Problem to solve: Going line by line through the entries, count those containing "impl" and state only the result.

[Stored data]
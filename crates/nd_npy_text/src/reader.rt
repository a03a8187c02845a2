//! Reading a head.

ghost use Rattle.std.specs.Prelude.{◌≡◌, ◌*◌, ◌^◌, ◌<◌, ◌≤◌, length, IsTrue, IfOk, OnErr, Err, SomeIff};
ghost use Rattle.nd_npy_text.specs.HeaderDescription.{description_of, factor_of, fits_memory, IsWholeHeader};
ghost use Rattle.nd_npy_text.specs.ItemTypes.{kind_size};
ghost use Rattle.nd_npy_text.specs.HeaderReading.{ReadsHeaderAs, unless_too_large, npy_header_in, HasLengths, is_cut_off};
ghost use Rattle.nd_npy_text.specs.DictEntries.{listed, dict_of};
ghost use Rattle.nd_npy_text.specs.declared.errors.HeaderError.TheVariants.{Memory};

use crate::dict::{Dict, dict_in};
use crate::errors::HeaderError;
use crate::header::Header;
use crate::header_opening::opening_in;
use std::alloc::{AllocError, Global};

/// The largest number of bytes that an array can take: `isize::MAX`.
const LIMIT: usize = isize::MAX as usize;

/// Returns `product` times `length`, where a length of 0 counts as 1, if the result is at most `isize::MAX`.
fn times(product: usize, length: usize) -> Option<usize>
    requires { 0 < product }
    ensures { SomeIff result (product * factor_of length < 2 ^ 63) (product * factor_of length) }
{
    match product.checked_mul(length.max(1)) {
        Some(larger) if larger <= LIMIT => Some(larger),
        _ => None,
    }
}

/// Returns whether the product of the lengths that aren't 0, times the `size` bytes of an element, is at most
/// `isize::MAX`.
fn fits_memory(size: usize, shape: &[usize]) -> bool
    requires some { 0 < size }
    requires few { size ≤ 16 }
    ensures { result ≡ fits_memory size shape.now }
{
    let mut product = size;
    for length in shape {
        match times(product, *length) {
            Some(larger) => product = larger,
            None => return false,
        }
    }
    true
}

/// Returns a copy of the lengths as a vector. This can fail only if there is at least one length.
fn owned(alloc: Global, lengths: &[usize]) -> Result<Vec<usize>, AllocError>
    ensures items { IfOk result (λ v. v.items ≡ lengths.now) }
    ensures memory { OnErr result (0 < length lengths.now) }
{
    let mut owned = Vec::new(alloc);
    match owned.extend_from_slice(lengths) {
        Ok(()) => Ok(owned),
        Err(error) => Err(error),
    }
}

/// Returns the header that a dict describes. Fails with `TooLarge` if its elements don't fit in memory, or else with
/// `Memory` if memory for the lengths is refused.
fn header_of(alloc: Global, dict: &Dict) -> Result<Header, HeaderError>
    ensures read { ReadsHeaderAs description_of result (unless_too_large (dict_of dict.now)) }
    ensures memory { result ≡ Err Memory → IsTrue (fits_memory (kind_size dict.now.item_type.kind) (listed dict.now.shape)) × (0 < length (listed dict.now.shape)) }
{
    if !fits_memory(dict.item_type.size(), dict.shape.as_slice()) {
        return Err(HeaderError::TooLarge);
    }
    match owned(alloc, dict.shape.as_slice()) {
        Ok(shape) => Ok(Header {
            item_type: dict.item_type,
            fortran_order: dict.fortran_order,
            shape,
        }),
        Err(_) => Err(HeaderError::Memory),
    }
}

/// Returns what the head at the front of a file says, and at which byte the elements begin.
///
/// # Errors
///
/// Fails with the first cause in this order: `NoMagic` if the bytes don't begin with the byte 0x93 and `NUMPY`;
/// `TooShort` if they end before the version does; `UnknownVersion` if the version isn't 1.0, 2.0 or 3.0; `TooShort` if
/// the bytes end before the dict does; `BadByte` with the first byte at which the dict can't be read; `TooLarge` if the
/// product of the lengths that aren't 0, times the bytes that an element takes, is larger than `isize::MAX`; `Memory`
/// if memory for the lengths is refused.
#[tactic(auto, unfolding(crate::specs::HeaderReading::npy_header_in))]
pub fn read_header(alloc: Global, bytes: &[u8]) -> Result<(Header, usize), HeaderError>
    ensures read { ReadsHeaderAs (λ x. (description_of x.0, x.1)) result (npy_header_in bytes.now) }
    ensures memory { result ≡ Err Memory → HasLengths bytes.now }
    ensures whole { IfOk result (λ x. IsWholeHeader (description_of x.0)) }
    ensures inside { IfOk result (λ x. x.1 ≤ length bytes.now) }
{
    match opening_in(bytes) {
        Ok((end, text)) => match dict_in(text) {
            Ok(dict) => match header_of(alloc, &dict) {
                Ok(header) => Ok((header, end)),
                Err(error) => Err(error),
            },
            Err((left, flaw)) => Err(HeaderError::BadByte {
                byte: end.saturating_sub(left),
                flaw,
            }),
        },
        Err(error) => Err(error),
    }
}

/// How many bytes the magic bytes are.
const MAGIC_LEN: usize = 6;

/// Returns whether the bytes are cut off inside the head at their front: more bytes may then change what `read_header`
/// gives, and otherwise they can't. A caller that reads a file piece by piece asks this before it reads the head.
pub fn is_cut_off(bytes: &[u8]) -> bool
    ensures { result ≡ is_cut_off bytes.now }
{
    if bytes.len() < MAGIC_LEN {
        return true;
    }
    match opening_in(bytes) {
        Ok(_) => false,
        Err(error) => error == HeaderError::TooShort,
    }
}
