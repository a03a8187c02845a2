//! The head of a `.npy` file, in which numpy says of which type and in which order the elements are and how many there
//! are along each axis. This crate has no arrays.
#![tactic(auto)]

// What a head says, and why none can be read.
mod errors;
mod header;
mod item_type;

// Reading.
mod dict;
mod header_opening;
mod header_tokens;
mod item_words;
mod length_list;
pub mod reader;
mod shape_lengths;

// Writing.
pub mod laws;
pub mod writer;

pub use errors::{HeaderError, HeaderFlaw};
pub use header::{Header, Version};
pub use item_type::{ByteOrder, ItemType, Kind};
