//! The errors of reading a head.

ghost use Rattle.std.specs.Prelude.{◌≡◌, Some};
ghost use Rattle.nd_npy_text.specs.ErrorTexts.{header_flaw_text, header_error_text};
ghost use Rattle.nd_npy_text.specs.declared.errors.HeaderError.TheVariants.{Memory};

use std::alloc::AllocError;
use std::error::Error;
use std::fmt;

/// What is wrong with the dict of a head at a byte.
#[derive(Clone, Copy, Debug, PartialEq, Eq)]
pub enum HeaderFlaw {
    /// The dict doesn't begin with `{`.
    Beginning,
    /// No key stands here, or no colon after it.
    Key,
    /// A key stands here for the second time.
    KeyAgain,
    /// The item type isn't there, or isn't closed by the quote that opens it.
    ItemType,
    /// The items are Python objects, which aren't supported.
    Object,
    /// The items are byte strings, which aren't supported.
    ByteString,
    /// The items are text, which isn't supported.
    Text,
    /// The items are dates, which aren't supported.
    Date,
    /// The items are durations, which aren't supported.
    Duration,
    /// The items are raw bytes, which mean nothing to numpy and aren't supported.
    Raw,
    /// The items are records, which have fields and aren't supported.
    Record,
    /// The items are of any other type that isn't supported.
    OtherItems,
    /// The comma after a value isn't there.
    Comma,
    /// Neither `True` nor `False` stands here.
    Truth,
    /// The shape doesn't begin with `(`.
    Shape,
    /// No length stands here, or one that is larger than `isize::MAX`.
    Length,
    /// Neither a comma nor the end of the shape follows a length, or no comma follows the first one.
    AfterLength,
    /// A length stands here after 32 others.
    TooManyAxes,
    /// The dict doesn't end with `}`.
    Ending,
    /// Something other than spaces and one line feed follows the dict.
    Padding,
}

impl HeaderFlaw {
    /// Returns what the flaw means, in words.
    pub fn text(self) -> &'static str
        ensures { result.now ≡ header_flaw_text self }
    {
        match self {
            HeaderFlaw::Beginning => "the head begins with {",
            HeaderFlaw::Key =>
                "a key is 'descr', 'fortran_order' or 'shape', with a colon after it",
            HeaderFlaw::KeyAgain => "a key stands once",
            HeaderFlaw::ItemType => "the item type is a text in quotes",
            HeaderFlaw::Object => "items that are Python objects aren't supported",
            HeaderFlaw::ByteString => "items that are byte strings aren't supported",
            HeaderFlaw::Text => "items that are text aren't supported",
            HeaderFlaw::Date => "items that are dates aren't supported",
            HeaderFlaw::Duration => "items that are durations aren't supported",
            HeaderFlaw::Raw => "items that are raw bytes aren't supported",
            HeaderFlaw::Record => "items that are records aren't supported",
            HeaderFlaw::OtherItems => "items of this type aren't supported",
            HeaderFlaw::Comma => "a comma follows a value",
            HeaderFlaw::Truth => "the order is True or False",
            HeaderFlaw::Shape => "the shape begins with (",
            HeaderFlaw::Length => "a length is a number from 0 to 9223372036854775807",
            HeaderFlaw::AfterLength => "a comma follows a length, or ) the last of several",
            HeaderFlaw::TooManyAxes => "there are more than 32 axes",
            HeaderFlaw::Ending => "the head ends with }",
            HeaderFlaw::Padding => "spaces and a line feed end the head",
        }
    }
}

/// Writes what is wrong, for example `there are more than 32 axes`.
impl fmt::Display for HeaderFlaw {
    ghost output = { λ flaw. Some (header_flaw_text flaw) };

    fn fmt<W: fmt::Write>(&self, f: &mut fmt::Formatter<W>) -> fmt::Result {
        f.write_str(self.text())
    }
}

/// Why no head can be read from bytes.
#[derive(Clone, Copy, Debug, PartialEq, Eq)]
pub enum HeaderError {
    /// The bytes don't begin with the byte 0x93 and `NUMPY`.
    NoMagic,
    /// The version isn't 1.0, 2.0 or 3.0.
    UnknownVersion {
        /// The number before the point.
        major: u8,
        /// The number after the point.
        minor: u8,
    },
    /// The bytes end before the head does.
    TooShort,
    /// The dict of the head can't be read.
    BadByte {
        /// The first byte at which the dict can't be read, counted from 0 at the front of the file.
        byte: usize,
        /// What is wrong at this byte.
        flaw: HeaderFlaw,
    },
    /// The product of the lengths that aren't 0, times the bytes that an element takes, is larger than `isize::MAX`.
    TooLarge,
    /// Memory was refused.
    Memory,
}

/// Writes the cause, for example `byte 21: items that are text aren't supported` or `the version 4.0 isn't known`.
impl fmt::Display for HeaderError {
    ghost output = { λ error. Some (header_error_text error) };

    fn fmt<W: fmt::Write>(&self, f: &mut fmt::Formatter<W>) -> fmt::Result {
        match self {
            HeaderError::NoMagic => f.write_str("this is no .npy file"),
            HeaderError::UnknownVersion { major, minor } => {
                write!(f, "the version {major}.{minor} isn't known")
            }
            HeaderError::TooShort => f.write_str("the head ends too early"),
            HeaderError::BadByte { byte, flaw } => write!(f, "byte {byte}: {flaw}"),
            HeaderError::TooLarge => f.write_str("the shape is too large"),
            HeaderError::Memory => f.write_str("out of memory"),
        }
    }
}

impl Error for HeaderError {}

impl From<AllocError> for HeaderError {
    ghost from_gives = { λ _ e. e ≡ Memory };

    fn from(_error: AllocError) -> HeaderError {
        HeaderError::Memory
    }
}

Solution to the problem: 5